Solution: - Content deduplication using MinHash/LSH for near-duplicate detection. - When duplicates were found, the most recent version was prioritized. - A report was generated for teams to consolidate duplicates.


Lessons Learned

  1. Chunking quality matters more than embedding model quality. The team spent 2 weeks optimizing chunks and saw a larger improvement than switching from MiniLM to BGE.

  2. Hybrid search is almost always better than dense-only. Technical documentation contains specific terms (API names, error codes) that dense retrieval misses.

  3. Reranking is the highest-ROI improvement. Adding a cross-encoder reranker was a one-day implementation that improved precision by 22%.

  4. Evaluation drives improvement. Without the 200-question evaluation set, the team was unable to objectively compare configurations.

  5. User feedback is essential. The Slack bot's thumbs-up/thumbs-down feature identified failure modes that automated evaluation missed.

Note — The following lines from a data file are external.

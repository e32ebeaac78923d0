ghost use Rattle.std.specs.Prelude.{◌≡◌, ◌≤◌, true, IfOk, IfSome, map, option_map};
ghost use Rattle.serde_json.specs.Data.{depth as nesting};
ghost use Rattle.serde_json.specs.Read.{max_depth, read as read_text};
ghost use Rattle.serde_json.specs.View.{number_view, view};
ghost use Rattle.kql_cells.specs.Dynamic.{ascends, has_form};
ghost use Rattle.kql_cells.specs.Values.{IsOfKind, IsWellFormed};
ghost use Rattle.kql_cells.specs.declared.value.Kind.TheVariants.{Dynamic};
ghost use Rattle.std.specs.List.{list_all};
ghost use Rattle.kql_dynamic.specs.Json.{dyn_of, entry_of, number_dyn, parsed, part_of};

use crate::parts::value_of;
use kql_cells::{Dyn, DynBag, DynList, KText, Value};
use kql_items::Items;
use serde_json::{Map, Number, Value as Json};
use std::alloc::{AllocError, Global};

/// The value of a JSON text (RFC 8259).
///
/// A whole number in the range of an `i64` is a long, another number null; of a repeated key the last value
/// stays; a `null` at the top is the null value. A text that is no JSON, or nests deeper than 127 levels, is a
/// dynamic value holding that text.
#[tactic(auto, using(crate::proofs::JsonFormLaws::json_forms), unfolding(crate::specs::Json::parsed))]
pub fn parse_json(alloc: Global, t: &str) -> Result<Value, AllocError>
    ensures value { IfOk result (λ v. v ≡ parsed t.now) }
    ensures kind { IfOk result (IsOfKind Dynamic) }
    ensures form { IfOk result IsWellFormed }
{
    match read(alloc, t)? {
        Some(json) => Ok(value_of(dyn_of(alloc, &json)?)),
        None => Ok(Value::Dynamic(Dyn::Text(KText::from_str(alloc, t)?))),
    }
}

// What `serde_json` reads, none where it reads nothing.
fn read(alloc: Global, t: &str) -> Result<Option<Json>, AllocError>
    ensures data { IfOk result (λ o. option_map view o ≡ read_text t.now) }
    ensures nests { IfOk result (λ o. IfSome o (λ v. nesting (view v) ≤ max_depth)) }
{
    match Json::from_str(alloc, t) {
        Ok(json) => Ok(Some(json)),
        Err(e) => {
            if e.is_memory() {
                Err(AllocError)
            } else {
                Ok(None)
            }
        }
    }
}

#[cycle(dyn_of)]
#[tactic(auto, using(crate::proofs::JsonFormLaws::json_forms))]
fn dyn_of(alloc: Global, json: &Json) -> Result<Dyn, AllocError>
    ensures value { IfOk result (λ d. d ≡ dyn_of (view json.now)) }
    ensures form { IfOk result (λ d. has_form d ≡ true) }
{
    match json {
        Json::Null => Ok(Dyn::Null),
        Json::Bool(b) => Ok(Dyn::Bool(*b)),
        Json::Number(n) => Ok(number_dyn(n)),
        Json::String(s) => Ok(Dyn::Text(KText::from_str(alloc, s.as_str())?)),
        Json::Array(items) => Ok(Dyn::Array(parts_of(alloc, items)?)),
        Json::Object(members) => Ok(Dyn::Bag(entries_of(alloc, members)?)),
    }
}

#[cycle(dyn_of)]
fn parts_of(alloc: Global, items: &Vec<Json>) -> Result<DynList, AllocError>
    ensures value { IfOk result (λ ds. ds ≡ map part_of items.now.items) }
    ensures form { IfOk result (λ ds. list_all has_form ds ≡ true) }
{
    let mut parts = Items::with_capacity(alloc, items.len())?;
    for item in items {
        parts.push(dyn_of(alloc, item)?)?;
    }
    Ok(parts)
}

#[cycle(dyn_of)]
fn entries_of(alloc: Global, members: &Map<String, Json>) -> Result<DynBag, AllocError>
    ensures value { IfOk result (λ es. es ≡ map entry_of members.now.entries) }
    ensures form { IfOk result (λ es. list_all (λ e. has_form e.1) es ≡ true) }
    ensures ascend { IfOk result (λ es. ascends es ≡ true) }
{
    let mut entries = Items::with_capacity(alloc, members.len())?;
    for (key, member) in members.iter() {
        let name = KText::from_str(alloc, key.as_str())?;
        entries.push((name, dyn_of(alloc, member)?))?;
    }
    Ok(entries)
}

// A long where it is one, and else null.
#[tactic(auto, using(crate::proofs::JsonFormLaws::json_forms))]
fn number_dyn(n: &Number) -> Dyn
    ensures value { result ≡ number_dyn (number_view n.now) }
    ensures form { has_form result ≡ true }
{
    match n.as_i64() {
        Some(x) => Dyn::Long(x),
        None => Dyn::Null,
    }
}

  6. Start with the simplest approach. The team initially tried to build agentic RAG with multi-step retrieval. The simpler pipeline with reranking performed better and was much easier to debug.


Production Configuration

# rag_config.yaml
embedding:
  model: "BAAI/bge-base-en-v1.5"
  batch_size: 64
  max_length: 512

chunking:
  strategy: "recursive_header_aware"
  max_chunk_size: 512
  overlap: 50
  preserve_code_blocks: true

retrieval:
  dense_top_k: 50
  bm25_top_k: 50
  rrf_k: 60
  hybrid_weight_dense: 0.6

reranking:
  model: "BAAI/bge-reranker-base"
  top_k: 5

generation:
  model: "gpt-4-turbo"
  temperature: 0.1
  max_tokens: 1024

ingestion:
  schedule: "every 6 hours"
  staleness_warning_days: 180
  deduplication: true

Cost Analysis (Monthly)

Component Cost
Embedding computation (re-indexing) $45
Vector storage (ChromaDB on EC2) $120
LLM API calls (~10K queries/month) $380
Reranker inference (GPU) $90
Infrastructure (API server, workers) $200
Total $835/month

At 500 engineers saving 33 minutes per day, the ROI was estimated at 275 engineer-hours saved per month, making the system highly cost-effective.